— ABOUT THIS EXERCISE —
Which lines in the data below contain the word "last"? Pull each of them out.

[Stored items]
┌──

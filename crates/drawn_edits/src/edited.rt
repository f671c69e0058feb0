//! Texts with edits, line by line. Functions that return a `Result` return `Err` if an allocation
//! fails.

ghost use Rattle.std.specs.Prelude.{◌≡◌, ◌++◌, ◌-◌, ◌<◌, ◌==◌, ◌^◌, IfOk, OnOk, length, map};
ghost use Rattle.std.specs.Prelude.{[], ◌∷◌, IfSome, MatchOption, string_bytes};
ghost use Rattle.std.specs.List.{list_any, slice_split};
ghost use Rattle.drawn_edits.specs.EditedLines.{are_blank, rest_after, count_to_text, do_remove};
ghost use Rattle.drawn_edits.specs.EditedLines.{front};
ghost use Rattle.drawn_edits.specs.EditedLines.{have_no_text, is_added, new_lines, new_page};
ghost use Rattle.drawn_edits.specs.EditedLines.{old_lines};
ghost use Rattle.drawn_edits.specs.EditedLines.{parts, seen_line, seen_page, seen_part};
ghost use Rattle.drawn_edits.specs.EditedLines.{is_same_end};
ghost use Rattle.drawn_edits.specs.EditedLines.{text_of, with_line, with_parts, with_texts};
ghost use Rattle.drawn_edits.specs.EditedLines.{seen_edit};
ghost use Rattle.drawn_edits.specs.EditedLines.{edit_in_literal};
ghost use Rattle.drawn_lines.specs.Painting.{plain_text};
ghost use Rattle.drawn_lines.specs.Places.{is_line_feed, seen_picture};
ghost use Rattle.rustc_parse_format.specs.Views.{pair};

use drawn_lines::{Extent, Picture, Style, extent_of, offsets, rank, split_first, split_line};
use std::alloc::{AllocError, Global};
use std::mem;
use std::ops::Range;

/// An edit that is drawn with its lines.
#[derive(Clone, Copy)]
pub struct Edit<'a> {
    /// The new text.
    pub text: &'a str,
    /// Where the text is that it replaces.
    pub extent: Extent,
    /// The byte offset in the source at which that text begins.
    pub start: usize,
    /// The byte offset in the source at which it ends.
    pub end: usize,
}

/// Returns an edit with its place in the source.
pub fn placed_edit<'a>(picture: &Picture<'_>, text: &'a str, range: &Range<usize>) -> Edit<'a>
    requires { length picture.now.source.now < 2 ^ 59 }
    ensures value { seen_edit result ≡ edit_in_literal (seen_picture picture.now) text.now
        (pair range.now) }
    ensures small { result.extent.end.line < 2 ^ 59 }
    ensures small_start { result.extent.start.line < 2 ^ 59 }
{
    let (start, end) = offsets(picture, range);
    Edit {
        text,
        extent: extent_of(picture, range),
        start,
        end,
    }
}

/// A part of a line.
#[derive(Clone, Copy)]
pub struct Part<'a> {
    /// Whether it stays, is removed or is added.
    pub style: Style,
    /// Its text.
    pub text: &'a str,
}

/// A line.
#[derive(Drop)]
pub struct Line<'a> {
    /// Its parts, from left to right.
    pub parts: Vec<Part<'a>>,
}

/// Returns the first characters of a text, as many as end within `width` bytes, and what is after
/// them.
pub fn split_within(text: &str, width: usize) -> (&str, &str)
    ensures front { result.0.now ≡ front width text.now }
    ensures rest_after { result.1.now ≡ rest_after width text.now }
{
    let mut rest = text;
    let mut countdown = width;
    while let Some((c, tail)) = split_first(rest) {
        if countdown < c.len_utf8() {
            break;
        }
        countdown -= c.len_utf8();
        rest = tail;
    }
    text.split_at(text.len() - rest.len())
}

/// Returns the parts of a text at the byte offset `start` of the source, from its first line to the
/// end of the line in which the last edit ends.
pub fn parts_of<'a>(
    alloc: Global,
    start: usize,
    text: &'a str,
    edits: &[Edit<'a>],
) -> Result<Vec<Part<'a>>, AllocError>
    ensures { IfOk result (λ v. map seen_part v.items
        ≡ parts start (map seen_edit edits.now) text.now) }
{
    let mut list = Vec::new(alloc);
    let mut at = start;
    let mut rest = text;
    for edit in edits {
        let from = edit.start.max(at);
        let to = edit.end.max(from);
        let (front_text, rest_after) = split_within(rest, from - at);
        let (removed_text, rest_after) = split_within(rest_after, to - from);
        list.push(Part {
            style: Style::Plain,
            text: front_text,
        })?;
        list.push(Part {
            style: Style::Removal,
            text: removed_text,
        })?;
        list.push(Part {
            style: Style::Addition,
            text: edit.text,
        })?;
        rest = rest_after;
        at = to;
    }
    let (line, _) = split_line(rest);
    list.push(Part {
        style: Style::Plain,
        text: line,
    })?;
    Ok(list)
}

/// Adds a part of a line, and ends the line.
fn end_line<'a>(
    lines: &mut Vec<Line<'a>>,
    row: &mut Vec<Part<'a>>,
    part: Part<'a>,
) -> Result<(), AllocError>
    ensures { OnOk result (seen_page lines.new.items row.new.items
        ≡ with_line part.entry.style part.entry.text.now
        (seen_page lines.old.items row.old.items)) }
{
    let alloc = *row.allocator();
    row.push(part)?;
    let parts = mem::replace(row, Vec::new(alloc));
    lines.push(Line { parts })?;
    Ok(())
}

/// Returns the first line of a text and the text after it, or `None` if the text has one line.
#[tactic(auto, using(crate::proofs::EditLines::first_of_lines))]
fn split_feed(text: &str) -> Option<(&str, &str)>
    ensures lines { MatchOption result (slice_split is_line_feed text.now ≡ text.now ∷ [])
        (λ x. slice_split is_line_feed text.now
        ≡ x.0.now ∷ slice_split is_line_feed x.1.now) }
    ensures shorter { IfSome result (λ x. length x.1.now < length text.now) }
{
    text.split_once('\n')
}

/// Adds a text of a style after lines.
fn push_text<'a>(
    lines: &mut Vec<Line<'a>>,
    row: &mut Vec<Part<'a>>,
    style: Style,
    text: &'a str,
) -> Result<(), AllocError>
    ensures { OnOk result (seen_page lines.new.items row.new.items
        ≡ with_texts style (slice_split is_line_feed text.now)
        (seen_page lines.old.items row.old.items)) }
{
    let mut rest = text;
    while let Some((line, rest_after)) = split_feed(rest) {
        end_line(lines, row, Part { style, text: line })?;
        rest = rest_after;
    }
    row.push(Part { style, text: rest })?;
    Ok(())
}

/// Adds parts after lines, but for those of the style `style`.
fn push_parts<'a>(
    lines: &mut Vec<Line<'a>>,
    row: &mut Vec<Part<'a>>,
    style: Style,
    parts: &[Part<'a>],
) -> Result<(), AllocError>
    ensures { OnOk result (seen_page lines.new.items row.new.items
        ≡ with_parts style (map seen_part parts.now)
        (seen_page lines.old.items row.old.items)) }
{
    for part in parts {
        if rank(part.style) != rank(style) {
            push_text(lines, row, part.style, part.text)?;
        }
    }
    Ok(())
}

/// Returns whether parts have no text.
fn have_no_text(parts: &[Part<'_>]) -> bool
    ensures { result ≡ have_no_text (map seen_part parts.now) }
{
    for part in parts {
        if !part.text.is_empty() {
            return false;
        }
    }
    true
}

/// Returns how many of lines there are up to the last one with a text.
fn count_to_text(lines: &[Line<'_>]) -> usize
    ensures { result ≡ count_to_text 0 0 (map seen_line lines.now) }
{
    let mut count = 0;
    for (index, line) in lines.iter().enumerate() {
        if !have_no_text(&line.parts) {
            count = index + 1;
        }
    }
    count
}

/// Adds the lines of parts without what they remove. Leaves out what is after the last edit if the
/// text of that edit ends a line.
fn push_new_part<'a>(
    lines: &mut Vec<Line<'a>>,
    row: &mut Vec<Part<'a>>,
    parts: &[Part<'a>],
) -> Result<(), AllocError>
    requires no_lines { lines.now.items ≡ [] }
    requires no_row { row.now.items ≡ [] }
    ensures { OnOk result (seen_page lines.new.items row.new.items
        ≡ new_page (map seen_part parts.now)) }
{
    let (front, rest) = parts.split_at(parts.len().saturating_sub(1));
    push_parts(lines, row, Style::Removal, front)?;
    if have_no_text(row) && !lines.is_empty() {
        return Ok(());
    }
    push_parts(lines, row, Style::Removal, rest)?;
    Ok(())
}

/// Returns the new lines of parts, without those at their end that have no text.
#[tactic(auto, unfolding(crate::specs::EditedLines::new_lines))]
pub fn new_lines<'a>(alloc: Global, parts: &[Part<'a>]) -> Result<Vec<Line<'a>>, AllocError>
    ensures { IfOk result (λ v. map seen_line v.items ≡ new_lines (map seen_part parts.now)) }
{
    let mut lines = Vec::new(alloc);
    let mut row = Vec::new(alloc);
    push_new_part(&mut lines, &mut row, parts)?;
    lines.push(Line { parts: row })?;
    let count = count_to_text(&lines);
    lines.truncate(count);
    Ok(lines)
}

/// Returns the lines of parts without what they add.
#[tactic(auto, unfolding(crate::specs::EditedLines::old_lines))]
pub fn old_lines<'a>(alloc: Global, parts: &[Part<'a>]) -> Result<Vec<Line<'a>>, AllocError>
    ensures { IfOk result (λ v. map seen_line v.items ≡ old_lines (map seen_part parts.now)) }
{
    let mut lines = Vec::new(alloc);
    let mut row = Vec::new(alloc);
    push_parts(&mut lines, &mut row, Style::Addition, parts)?;
    lines.push(Line { parts: row })?;
    Ok(lines)
}

/// Returns whether parts are white space.
pub fn are_blank(parts: &[Part<'_>]) -> bool
    ensures { result ≡ are_blank (map seen_part parts.now) }
{
    for part in parts {
        if !part.text.trim().is_empty() {
            return false;
        }
    }
    true
}

/// Returns whether a part is an addition.
pub fn is_added(part: &Part<'_>) -> bool
    ensures { result ≡ is_added (seen_part part.now) }
{
    matches!(part.style, Style::Addition)
}

/// Returns whether one of parts is an addition.
pub fn have_addition(parts: &[Part<'_>]) -> bool
    ensures { result ≡ list_any is_added (map seen_part parts.now) }
{
    for part in parts {
        if is_added(part) {
            return true;
        }
    }
    false
}

/// Returns whether edits remove something that is no white space.
pub fn do_remove(parts: &[Part<'_>]) -> bool
    ensures { result ≡ do_remove (map seen_part parts.now) }
{
    for part in parts {
        if matches!(part.style, Style::Removal) && !part.text.trim().is_empty() {
            return true;
        }
    }
    false
}

/// Adds the text of parts.
fn put_text(out: &mut String, parts: &[Part<'_>]) -> Result<(), AllocError>
    ensures { OnOk result (string_bytes out.new ≡ string_bytes out.old
        ++ plain_text (map seen_part parts.now)) }
{
    for part in parts {
        out.push_str(part.text)?;
    }
    Ok(())
}

/// Returns the text of lines.
fn text_of(alloc: Global, lines: &[Line<'_>]) -> Result<String, AllocError>
    ensures { IfOk result (λ s. string_bytes s ≡ text_of (map seen_line lines.now)) }
{
    let mut text = String::new(alloc);
    for line in lines {
        put_text(&mut text, &line.parts)?;
    }
    Ok(text)
}

/// Returns whether the text of the last old line is that of the only new one.
pub fn is_same_end(alloc: Global, old: &[Line<'_>], new: &[Line<'_>]) -> Result<bool, AllocError>
    ensures { IfOk result (λ b. b
        ≡ is_same_end (map seen_line old.now) (map seen_line new.now)) }
{
    let [line, ..] = new else {
        return Ok(false);
    };
    let (_, last) = old.split_at(old.len().saturating_sub(1));
    let old_text = text_of(alloc, last)?;
    let mut new_text = String::new(alloc);
    put_text(&mut new_text, &line.parts)?;
    Ok(old_text.as_str() == new_text.as_str())
}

└──

— SOLUTION —
/// end of the line in which the last edit ends.
/// Returns how many of lines there are up to the last one with a text.
/// Adds the lines of parts without what they remove. Leaves out what is after the last edit if the
/// Returns whether the text of the last old line is that of the only new one.
    let (_, last) = old.split_at(old.len().saturating_sub(1));
    let old_text = text_of(alloc, last)?;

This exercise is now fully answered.